WHAT THE TASK REQUIRES: Among the records, which lines include "release"? List them.

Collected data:
=== Begin Enclosure ===

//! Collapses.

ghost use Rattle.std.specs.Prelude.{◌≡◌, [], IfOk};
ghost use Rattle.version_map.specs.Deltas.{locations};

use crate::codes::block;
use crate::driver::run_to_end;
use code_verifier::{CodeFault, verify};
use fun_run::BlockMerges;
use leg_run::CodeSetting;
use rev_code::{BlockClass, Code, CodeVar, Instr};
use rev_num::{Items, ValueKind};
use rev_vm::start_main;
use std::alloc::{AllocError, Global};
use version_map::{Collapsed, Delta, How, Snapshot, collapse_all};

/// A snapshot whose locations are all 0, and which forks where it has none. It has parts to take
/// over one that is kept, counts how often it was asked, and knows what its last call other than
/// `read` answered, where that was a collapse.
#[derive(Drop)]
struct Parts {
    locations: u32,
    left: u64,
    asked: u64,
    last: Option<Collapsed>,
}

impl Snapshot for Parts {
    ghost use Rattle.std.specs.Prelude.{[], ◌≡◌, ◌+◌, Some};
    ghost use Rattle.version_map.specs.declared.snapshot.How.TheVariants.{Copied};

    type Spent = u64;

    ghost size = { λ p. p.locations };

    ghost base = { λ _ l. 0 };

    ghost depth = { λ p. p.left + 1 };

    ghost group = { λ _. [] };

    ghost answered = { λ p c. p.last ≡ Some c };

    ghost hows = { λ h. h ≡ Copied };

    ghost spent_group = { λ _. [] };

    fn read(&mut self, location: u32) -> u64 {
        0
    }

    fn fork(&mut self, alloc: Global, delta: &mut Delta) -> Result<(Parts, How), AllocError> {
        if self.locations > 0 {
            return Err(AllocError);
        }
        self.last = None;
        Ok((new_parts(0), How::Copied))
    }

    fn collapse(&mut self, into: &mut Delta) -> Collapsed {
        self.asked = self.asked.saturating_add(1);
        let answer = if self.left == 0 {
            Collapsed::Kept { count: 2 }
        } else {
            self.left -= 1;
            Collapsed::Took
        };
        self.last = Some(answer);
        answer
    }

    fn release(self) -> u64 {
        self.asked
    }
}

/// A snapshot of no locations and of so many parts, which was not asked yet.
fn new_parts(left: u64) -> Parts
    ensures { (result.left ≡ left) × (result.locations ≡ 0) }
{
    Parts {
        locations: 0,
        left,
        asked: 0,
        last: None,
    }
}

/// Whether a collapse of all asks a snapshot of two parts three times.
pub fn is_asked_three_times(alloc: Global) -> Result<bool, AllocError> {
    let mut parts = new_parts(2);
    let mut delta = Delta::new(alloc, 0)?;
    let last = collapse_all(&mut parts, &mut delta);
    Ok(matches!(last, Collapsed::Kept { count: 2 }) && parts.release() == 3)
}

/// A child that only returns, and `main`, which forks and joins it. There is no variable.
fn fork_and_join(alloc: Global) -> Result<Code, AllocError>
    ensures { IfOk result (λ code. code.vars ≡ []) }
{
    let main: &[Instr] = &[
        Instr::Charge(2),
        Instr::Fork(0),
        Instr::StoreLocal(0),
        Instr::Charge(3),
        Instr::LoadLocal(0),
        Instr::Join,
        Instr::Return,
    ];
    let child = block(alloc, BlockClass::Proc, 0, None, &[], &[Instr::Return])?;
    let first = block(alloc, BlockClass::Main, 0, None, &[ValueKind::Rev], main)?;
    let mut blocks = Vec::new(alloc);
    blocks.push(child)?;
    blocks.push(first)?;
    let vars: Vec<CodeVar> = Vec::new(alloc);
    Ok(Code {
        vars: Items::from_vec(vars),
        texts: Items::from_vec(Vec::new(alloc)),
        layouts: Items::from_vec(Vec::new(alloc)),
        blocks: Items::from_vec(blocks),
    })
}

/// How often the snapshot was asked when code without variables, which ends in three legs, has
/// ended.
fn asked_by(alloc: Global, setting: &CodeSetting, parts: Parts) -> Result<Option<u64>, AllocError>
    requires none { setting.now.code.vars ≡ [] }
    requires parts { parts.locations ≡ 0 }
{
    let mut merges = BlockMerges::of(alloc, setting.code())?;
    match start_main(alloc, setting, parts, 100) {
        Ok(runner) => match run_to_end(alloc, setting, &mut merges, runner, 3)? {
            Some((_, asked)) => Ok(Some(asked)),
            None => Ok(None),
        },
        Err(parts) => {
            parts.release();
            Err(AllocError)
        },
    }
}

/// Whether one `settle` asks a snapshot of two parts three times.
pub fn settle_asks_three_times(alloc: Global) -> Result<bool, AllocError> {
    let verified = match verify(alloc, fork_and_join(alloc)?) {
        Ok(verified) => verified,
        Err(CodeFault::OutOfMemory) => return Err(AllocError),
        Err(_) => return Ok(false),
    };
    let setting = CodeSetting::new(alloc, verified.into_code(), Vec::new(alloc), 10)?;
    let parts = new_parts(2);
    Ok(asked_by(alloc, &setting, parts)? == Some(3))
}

=== End Enclosure ===
=== Begin Enclosure ===

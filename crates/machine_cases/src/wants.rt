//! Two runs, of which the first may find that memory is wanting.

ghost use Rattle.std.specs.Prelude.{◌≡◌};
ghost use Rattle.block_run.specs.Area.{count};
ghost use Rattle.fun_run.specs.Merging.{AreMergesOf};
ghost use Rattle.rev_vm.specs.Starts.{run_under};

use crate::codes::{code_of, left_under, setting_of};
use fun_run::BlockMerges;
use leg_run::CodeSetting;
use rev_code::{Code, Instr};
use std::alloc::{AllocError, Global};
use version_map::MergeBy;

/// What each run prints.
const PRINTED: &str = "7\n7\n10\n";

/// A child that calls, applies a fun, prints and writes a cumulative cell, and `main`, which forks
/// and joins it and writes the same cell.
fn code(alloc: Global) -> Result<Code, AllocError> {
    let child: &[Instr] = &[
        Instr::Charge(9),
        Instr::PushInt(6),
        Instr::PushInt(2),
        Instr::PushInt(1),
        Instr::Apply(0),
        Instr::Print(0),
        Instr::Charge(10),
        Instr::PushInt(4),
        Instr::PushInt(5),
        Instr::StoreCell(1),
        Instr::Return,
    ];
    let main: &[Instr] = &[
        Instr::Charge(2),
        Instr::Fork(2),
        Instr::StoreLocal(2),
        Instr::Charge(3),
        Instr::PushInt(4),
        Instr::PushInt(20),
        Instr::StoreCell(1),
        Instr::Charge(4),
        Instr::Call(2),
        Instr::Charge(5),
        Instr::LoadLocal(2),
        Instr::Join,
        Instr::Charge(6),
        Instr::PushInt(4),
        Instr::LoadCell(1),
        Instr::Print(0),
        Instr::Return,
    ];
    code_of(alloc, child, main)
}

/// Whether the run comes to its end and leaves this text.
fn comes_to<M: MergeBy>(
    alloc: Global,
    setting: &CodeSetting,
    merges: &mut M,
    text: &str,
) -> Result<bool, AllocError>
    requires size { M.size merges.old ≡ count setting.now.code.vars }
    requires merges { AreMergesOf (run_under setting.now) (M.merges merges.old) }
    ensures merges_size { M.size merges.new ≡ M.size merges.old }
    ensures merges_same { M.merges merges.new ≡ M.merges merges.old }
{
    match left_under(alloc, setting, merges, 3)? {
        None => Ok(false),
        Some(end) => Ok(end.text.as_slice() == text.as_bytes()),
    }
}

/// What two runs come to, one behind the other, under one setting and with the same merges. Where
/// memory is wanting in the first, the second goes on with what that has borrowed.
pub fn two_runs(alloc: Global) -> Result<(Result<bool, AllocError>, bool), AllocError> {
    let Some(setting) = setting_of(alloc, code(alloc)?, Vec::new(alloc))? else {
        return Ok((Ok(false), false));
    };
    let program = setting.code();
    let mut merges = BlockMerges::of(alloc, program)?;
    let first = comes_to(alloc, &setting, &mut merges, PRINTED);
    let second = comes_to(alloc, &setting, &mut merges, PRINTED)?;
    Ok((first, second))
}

=== End Enclosure ===

RESPONSE TO THE TASK:
    fn release(self) -> u64 {
    Ok(matches!(last, Collapsed::Kept { count: 2 }) && parts.release() == 3)
            parts.release();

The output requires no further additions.